What you are asked to do:
Read the listing and extract each line that includes the word "from".

Input data:
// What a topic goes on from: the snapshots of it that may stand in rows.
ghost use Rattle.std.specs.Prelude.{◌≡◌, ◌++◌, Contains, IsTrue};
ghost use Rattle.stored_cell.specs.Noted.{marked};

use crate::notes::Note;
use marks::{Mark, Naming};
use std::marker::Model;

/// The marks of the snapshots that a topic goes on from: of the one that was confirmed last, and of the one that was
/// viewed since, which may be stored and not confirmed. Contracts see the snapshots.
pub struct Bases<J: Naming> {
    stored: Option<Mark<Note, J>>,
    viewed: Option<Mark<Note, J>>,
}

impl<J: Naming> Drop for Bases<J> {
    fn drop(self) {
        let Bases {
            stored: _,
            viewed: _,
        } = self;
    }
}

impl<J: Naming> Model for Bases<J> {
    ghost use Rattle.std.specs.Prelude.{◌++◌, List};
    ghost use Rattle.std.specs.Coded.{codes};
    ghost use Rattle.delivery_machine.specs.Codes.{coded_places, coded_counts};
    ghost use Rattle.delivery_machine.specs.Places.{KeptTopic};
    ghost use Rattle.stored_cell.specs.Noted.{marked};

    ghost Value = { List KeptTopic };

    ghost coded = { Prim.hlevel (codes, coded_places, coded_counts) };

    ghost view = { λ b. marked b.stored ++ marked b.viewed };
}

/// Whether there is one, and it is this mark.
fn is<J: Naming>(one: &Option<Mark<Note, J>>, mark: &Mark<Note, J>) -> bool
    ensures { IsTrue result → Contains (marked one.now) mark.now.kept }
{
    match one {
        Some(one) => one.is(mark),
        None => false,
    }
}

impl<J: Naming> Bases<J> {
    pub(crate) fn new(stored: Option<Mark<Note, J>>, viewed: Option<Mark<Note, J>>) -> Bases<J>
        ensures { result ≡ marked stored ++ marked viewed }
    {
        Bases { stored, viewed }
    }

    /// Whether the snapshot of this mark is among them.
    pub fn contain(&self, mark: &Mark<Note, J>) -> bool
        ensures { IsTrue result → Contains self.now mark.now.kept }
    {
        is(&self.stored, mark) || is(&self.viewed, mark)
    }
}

...

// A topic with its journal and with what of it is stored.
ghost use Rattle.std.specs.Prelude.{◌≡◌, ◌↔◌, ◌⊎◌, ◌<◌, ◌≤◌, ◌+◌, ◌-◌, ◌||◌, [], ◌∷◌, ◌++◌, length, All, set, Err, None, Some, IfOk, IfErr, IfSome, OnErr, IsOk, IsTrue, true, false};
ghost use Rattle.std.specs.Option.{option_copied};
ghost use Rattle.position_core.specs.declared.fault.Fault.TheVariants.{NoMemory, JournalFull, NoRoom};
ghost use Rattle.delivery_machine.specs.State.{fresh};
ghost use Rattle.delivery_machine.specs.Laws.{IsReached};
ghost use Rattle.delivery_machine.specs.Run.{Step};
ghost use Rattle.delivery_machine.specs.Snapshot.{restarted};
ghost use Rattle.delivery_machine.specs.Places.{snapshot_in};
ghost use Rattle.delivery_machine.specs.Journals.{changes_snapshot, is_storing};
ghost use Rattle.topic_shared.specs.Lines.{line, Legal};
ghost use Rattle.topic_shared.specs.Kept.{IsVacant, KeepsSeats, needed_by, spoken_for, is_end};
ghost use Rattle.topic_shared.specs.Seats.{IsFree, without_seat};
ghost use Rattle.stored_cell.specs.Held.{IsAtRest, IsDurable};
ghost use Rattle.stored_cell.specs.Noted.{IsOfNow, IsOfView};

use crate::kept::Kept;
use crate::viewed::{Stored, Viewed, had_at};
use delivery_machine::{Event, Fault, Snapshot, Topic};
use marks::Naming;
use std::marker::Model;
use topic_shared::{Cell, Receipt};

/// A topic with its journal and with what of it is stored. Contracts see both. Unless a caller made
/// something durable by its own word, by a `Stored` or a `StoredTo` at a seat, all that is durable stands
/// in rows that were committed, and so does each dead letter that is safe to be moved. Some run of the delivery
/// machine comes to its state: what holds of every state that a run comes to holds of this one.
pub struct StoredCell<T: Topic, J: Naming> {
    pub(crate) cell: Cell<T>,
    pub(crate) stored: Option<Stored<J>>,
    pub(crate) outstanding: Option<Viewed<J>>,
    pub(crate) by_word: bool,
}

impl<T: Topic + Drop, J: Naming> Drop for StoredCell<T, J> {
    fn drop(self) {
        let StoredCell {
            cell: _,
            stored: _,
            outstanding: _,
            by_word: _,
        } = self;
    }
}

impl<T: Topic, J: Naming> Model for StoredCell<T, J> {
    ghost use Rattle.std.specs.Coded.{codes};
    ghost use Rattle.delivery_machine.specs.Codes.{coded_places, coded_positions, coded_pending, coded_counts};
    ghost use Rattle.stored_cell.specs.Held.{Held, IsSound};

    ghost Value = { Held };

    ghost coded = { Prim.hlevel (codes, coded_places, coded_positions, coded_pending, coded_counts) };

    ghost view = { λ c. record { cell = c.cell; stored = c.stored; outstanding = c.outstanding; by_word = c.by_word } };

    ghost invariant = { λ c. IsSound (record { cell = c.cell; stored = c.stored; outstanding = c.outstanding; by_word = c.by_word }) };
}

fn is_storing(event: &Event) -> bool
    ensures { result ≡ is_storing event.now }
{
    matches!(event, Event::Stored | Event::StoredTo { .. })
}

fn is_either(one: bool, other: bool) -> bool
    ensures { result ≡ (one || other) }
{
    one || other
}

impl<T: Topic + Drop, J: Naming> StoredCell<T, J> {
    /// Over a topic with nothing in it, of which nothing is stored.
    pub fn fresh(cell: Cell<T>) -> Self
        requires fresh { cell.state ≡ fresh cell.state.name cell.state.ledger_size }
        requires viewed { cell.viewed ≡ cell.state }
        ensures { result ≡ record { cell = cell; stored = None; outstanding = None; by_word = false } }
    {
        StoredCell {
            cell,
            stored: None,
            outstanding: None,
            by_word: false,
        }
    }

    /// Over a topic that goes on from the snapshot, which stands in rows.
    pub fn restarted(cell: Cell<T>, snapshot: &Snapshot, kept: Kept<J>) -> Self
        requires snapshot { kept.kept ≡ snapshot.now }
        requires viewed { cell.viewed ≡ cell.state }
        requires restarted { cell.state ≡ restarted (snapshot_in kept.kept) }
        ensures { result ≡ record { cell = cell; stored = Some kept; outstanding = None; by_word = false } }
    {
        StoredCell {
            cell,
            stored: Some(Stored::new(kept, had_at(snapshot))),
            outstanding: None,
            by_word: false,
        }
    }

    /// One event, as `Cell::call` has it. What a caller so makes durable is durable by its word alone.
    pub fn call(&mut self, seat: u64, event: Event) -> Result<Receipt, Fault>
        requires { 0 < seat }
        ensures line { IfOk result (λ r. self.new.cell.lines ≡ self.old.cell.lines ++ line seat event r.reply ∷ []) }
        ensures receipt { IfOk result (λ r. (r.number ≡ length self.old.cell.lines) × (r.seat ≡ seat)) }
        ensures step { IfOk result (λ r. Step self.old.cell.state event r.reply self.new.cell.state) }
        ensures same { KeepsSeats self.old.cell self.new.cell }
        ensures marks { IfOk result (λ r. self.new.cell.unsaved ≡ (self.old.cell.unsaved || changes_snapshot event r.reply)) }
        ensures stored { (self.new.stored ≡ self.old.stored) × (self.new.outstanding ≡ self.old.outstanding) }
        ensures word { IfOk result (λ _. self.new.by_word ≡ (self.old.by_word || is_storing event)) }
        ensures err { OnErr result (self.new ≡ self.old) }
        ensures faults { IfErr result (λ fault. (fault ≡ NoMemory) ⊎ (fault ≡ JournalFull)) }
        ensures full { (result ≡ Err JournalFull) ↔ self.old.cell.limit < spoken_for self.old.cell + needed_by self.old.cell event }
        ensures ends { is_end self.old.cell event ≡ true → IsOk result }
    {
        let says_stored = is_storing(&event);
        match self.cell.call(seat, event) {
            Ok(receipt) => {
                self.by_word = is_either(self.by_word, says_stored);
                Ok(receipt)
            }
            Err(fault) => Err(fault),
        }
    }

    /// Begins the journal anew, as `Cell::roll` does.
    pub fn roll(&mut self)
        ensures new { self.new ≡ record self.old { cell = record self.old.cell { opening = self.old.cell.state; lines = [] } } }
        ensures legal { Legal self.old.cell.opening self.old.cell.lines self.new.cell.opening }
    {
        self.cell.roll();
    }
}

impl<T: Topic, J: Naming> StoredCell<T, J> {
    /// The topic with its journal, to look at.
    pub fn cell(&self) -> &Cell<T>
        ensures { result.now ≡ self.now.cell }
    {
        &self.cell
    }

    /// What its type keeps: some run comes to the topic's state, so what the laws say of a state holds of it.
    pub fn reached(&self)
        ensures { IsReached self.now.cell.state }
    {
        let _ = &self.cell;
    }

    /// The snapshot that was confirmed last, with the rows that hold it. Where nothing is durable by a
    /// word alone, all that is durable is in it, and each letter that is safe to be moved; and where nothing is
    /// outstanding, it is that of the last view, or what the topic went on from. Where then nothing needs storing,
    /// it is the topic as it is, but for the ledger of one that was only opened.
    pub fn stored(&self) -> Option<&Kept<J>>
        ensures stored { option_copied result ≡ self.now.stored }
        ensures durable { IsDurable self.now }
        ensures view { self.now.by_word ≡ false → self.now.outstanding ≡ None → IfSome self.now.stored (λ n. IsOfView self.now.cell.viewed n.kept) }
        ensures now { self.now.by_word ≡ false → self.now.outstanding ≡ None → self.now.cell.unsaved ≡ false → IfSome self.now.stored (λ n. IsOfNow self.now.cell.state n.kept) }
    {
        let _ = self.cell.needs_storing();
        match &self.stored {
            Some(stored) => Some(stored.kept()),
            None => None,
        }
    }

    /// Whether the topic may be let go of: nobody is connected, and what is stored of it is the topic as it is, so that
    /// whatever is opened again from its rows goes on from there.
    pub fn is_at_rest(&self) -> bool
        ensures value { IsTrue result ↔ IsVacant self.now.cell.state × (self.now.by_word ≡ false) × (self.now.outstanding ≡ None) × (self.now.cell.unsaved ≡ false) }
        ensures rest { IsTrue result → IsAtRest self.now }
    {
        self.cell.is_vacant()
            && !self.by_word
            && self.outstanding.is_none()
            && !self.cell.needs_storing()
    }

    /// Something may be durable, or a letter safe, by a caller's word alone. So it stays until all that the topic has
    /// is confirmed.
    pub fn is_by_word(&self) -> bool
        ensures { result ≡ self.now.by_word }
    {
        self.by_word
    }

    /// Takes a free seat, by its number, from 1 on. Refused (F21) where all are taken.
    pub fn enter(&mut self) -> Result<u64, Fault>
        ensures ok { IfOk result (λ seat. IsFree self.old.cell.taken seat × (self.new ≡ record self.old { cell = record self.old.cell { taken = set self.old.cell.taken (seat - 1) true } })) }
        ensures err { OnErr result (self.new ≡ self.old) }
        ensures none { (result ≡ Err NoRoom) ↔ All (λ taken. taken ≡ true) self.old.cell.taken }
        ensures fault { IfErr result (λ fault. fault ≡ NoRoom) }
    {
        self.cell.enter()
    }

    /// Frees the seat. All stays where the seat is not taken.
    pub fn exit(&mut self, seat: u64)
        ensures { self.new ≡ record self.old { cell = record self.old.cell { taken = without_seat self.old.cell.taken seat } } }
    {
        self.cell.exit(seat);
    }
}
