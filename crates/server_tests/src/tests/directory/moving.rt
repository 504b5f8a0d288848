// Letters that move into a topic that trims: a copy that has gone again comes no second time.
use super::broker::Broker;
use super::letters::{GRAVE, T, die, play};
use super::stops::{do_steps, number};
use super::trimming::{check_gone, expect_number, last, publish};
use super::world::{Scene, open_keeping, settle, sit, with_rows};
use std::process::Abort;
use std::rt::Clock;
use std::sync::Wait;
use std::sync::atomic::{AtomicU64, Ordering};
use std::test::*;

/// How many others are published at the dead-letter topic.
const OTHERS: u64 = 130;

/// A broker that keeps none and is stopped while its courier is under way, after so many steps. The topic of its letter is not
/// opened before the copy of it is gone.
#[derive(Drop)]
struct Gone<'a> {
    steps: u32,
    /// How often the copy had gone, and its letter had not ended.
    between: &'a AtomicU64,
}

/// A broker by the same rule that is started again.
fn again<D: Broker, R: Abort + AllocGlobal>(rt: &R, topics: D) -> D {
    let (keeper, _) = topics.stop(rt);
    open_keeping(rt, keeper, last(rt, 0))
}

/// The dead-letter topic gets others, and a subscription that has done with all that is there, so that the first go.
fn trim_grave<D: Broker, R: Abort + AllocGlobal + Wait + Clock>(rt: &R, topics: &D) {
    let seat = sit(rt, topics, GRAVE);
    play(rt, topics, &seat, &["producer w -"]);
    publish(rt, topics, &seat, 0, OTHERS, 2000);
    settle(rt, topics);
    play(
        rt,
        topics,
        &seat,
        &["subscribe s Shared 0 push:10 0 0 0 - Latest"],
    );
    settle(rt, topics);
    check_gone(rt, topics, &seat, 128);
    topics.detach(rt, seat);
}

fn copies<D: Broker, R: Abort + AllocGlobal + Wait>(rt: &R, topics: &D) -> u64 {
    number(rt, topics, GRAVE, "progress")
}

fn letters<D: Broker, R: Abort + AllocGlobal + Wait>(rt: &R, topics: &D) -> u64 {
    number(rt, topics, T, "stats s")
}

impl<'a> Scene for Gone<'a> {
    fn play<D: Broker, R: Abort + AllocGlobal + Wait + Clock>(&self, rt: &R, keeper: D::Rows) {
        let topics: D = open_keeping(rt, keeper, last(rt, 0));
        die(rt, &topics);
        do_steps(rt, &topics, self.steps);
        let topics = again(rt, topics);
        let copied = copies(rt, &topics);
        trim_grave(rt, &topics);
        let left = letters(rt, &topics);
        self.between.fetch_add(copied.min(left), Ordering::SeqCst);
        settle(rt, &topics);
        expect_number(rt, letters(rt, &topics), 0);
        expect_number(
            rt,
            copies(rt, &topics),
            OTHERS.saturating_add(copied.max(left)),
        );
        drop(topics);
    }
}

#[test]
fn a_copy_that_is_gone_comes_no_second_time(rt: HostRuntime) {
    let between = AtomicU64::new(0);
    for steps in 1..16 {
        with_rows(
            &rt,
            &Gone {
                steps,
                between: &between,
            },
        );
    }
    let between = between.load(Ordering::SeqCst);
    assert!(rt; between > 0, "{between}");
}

==

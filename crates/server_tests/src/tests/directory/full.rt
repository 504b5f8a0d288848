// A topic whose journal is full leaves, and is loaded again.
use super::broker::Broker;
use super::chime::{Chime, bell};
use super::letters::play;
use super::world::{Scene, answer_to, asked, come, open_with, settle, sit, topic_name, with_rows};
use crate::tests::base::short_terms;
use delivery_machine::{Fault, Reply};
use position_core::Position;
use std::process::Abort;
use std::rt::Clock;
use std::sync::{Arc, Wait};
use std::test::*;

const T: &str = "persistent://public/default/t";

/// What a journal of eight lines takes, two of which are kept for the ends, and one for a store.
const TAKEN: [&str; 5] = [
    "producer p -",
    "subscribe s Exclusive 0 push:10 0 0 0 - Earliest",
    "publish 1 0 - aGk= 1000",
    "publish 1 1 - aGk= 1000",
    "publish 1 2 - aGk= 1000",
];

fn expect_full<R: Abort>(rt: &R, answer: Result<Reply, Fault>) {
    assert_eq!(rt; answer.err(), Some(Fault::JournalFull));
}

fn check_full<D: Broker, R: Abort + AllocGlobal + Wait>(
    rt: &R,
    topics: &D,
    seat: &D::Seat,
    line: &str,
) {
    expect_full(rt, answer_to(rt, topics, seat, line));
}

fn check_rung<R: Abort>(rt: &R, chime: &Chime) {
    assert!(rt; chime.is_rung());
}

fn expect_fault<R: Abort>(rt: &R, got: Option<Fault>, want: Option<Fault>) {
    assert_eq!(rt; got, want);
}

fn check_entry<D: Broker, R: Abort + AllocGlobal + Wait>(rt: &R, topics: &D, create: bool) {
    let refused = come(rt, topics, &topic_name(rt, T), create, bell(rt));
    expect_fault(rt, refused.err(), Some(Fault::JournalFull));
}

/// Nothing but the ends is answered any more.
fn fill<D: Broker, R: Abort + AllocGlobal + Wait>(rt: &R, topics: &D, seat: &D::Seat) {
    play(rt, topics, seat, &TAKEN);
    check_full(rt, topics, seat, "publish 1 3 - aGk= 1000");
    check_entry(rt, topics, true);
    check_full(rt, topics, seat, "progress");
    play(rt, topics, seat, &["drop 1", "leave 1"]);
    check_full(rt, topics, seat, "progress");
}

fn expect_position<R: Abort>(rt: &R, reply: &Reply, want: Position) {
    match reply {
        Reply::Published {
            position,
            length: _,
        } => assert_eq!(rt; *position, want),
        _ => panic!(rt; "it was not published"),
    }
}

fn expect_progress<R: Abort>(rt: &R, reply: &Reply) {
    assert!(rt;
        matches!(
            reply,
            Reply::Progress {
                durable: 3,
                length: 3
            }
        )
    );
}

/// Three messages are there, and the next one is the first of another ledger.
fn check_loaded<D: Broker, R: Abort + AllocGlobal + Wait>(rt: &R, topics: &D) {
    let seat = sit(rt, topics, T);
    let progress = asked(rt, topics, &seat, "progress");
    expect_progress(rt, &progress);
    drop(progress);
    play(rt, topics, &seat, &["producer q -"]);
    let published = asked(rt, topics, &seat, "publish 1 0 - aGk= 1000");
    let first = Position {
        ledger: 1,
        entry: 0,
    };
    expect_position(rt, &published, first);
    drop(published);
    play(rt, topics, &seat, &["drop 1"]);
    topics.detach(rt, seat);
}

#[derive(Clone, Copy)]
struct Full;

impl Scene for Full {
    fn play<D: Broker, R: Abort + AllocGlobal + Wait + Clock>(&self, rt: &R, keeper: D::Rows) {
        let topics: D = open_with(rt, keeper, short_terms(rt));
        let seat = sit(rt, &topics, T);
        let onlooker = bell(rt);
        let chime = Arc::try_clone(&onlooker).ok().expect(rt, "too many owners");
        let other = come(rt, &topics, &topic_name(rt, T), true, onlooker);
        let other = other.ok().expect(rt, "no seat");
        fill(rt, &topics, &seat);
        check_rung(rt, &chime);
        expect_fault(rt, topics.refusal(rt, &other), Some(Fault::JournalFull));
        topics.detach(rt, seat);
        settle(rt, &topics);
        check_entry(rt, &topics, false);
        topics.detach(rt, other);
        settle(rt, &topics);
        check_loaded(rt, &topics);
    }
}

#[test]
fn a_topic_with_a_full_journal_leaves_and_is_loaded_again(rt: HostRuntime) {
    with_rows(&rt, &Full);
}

Solution for this exercise:
// What a topic goes on from: the snapshots of it that may stand in rows.
/// The marks of the snapshots that a topic goes on from: of the one that was confirmed last, and of the one that was
    /// Over a topic that goes on from the snapshot, which stands in rows.
    /// outstanding, it is that of the last view, or what the topic went on from. Where then nothing needs storing,
    /// whatever is opened again from its rows goes on from there.
    /// Takes a free seat, by its number, from 1 on. Refused (F21) where all are taken.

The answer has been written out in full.